A la vez, los dos prólogos incluidos –uno de Leo Maslíah, el otro de Lizán– operan ante todo en esa zona anecdótica que tan frecuentemente se apodera de los eventos y las publicaciones relacionadas con Levrero; es cierto que Maslíah es un autor de la casa (ha publicado algunos libros con Criatura, es decir) y que eso facilita que se recurra a su pluma, pero no menos evidente es que una y otra vez se recurre no a un experto en los textos en cuestión (y en el caso de las historietas Reggiani es ineludible) sino a un amigote de Levrero, de la misma manera que en mesas redondas y prólogos parecen rotar los mismos Gandolfo, Polleri, Maslíah y Souto de siempre.

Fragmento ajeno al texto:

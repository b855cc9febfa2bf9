//! The world.
ghost use Rattle.std.specs.Prelude.{◌≡◌, ◌≢◌, ◌<◌, ◌↔◌, ◌++◌, ℕ, [], false, IfOk, IsTrue, List, OnErr, OnOk, length, map, option_map, position, reverse, slice_get};
ghost use Rattle.osc_model.specs.{Agree, HaveOwnPaths, alone as answers_alone, answered};
ghost use Rattle.osc_run.specs.{acceptances, AreYoung, history as history_of, questions, grants_of, IsReached, IsStart};
ghost use Rattle.osc_options.specs.{read_request};
ghost use Rattle.osc_run.specs.Premise.{Premise};
ghost use Rattle.osc_rounds.specs.{IsLawfulServer};
ghost use Rattle.osc_world.specs.Claims.{HasOneHistory, HasOwnAnswers, KeepsItsNonces};
ghost use Rattle.osc_world.specs.Lawful.{AreLawfulClients, AreLawfulProxies};
ghost use Rattle.osc_world.specs.Log.{settled, waiting};
ghost use Rattle.osc_world.specs.Loss.{GoesOverLoss};
ghost use Rattle.osc_world.specs.Nodes.{StandApart, skipped};
ghost use Rattle.osc_world.specs.Quiet.{AreWhole, Rounds, delivery};
ghost use Rattle.osc_world.specs.Ready.{AnswersWhatWasAsked, MakesWhatWasBegun};
ghost use Rattle.osc_world.specs.Worlds.{Happen, Happens, run_of, run_with};
ghost use Rattle.osc_world.specs.declared.event.Event.{Event as AnyEvent};

use crate::draws::Draws;
use crate::event::{Event, What};
use crate::isolation::alone;
use crate::laws::{a_lossy_round, an_asked_round, an_exchanged_round};
use crate::log::{EventLog, Record, SentDatagram};
use crate::nodes::{Nodes, Placed};
use osc_ccm::Ciphers;
use osc_client::Client;
use osc_model::{Draw, Entry, Moment, Reply};
use osc_proxy::Proxy;
use osc_run::laws::{contexts_are_young, one_history, own_answers, own_nonces};
use osc_run::{Acceptance, Minted, Noted, Question};
use osc_server::Server;
use osc_tree::Tree;
use std::alloc::{AllocError, Global};
use std::marker::Model;

/// A server, its clients and proxies, each datagram that was ever sent, and what is noted of each step. No two nodes are at one
/// address.
///
/// Whatever happens in it, there is one history, where what is assumed holds: that whatever opened was sealed before by the other end
/// of its context, or minted; that no drawn nonce came twice; and that no two grants share a secret. See [`World::premise_holds`].
pub struct World {
    minted: Vec<Minted>,
    first: Tree,
    nodes: Nodes,
    log: EventLog,
}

Es sin duda más que valioso escuchar ese anecdotario, pero lo que termina por pasar es que eso es prácticamente lo único que se dice sobre Levrero, como si quedara implícita una suerte de verdad definitiva accesible únicamente por quienes lo conocieron personalmente (este gesto es notorio, por ejemplo, en el prólogo de Polleri a la edición de Criatura de Irrupciones).
 
En cualquier caso, no cabe duda que lo que pueda decir Lizán es más que bienvenido, en tanto se trata de uno de los implicados en el libro; en el prólogo de Maslíah –donde no aparece nombrada ninguna de las historietas incluidas y apenas se alude específicamente a las dos ilustradas por Lizán–, en cambio, no hay otra cosa que un par de anécdotas, la idea de que hay dos regiones en la obra de Levrero la más narrativa y la más experimental, digamos (y que las historietas pertenecen a esta última), y otra apelación a ese club selecto de amigotes o primeros lectores legitimados (“…tanto a los levrerianos de la primera hora como a los que necesitan la firma de un autor reconocido”). Es realmente una pena que dos carillas del libro se hayan perdido en un texto de estas características, cuando justamente es tanta la información que falta en el resto de las páginas
 
¿Será entonces que, en el fondo, los editores, más que interesarse por las historietas de Levrero, buscaron apenas regodearse en la idea de lanzar al mercado un libro lujoso y caro que ostentase –como en la contraportada de éste– las palabras “Levrero” e “inéditas”? Quizá la respuesta –una amarga, digamos– sea que, en el fondo, no es de verdadera importancia la obra historietística de Levrero. Pero incluso si se pensase así –y no es en el fondo un pensamiento desatinado: sacando lo mejor de Los profesionales y Santo Varón el resto parece importar sobre todo en relación a la otra obra de su autor– era menester una edición al menos un poco más comprometida. 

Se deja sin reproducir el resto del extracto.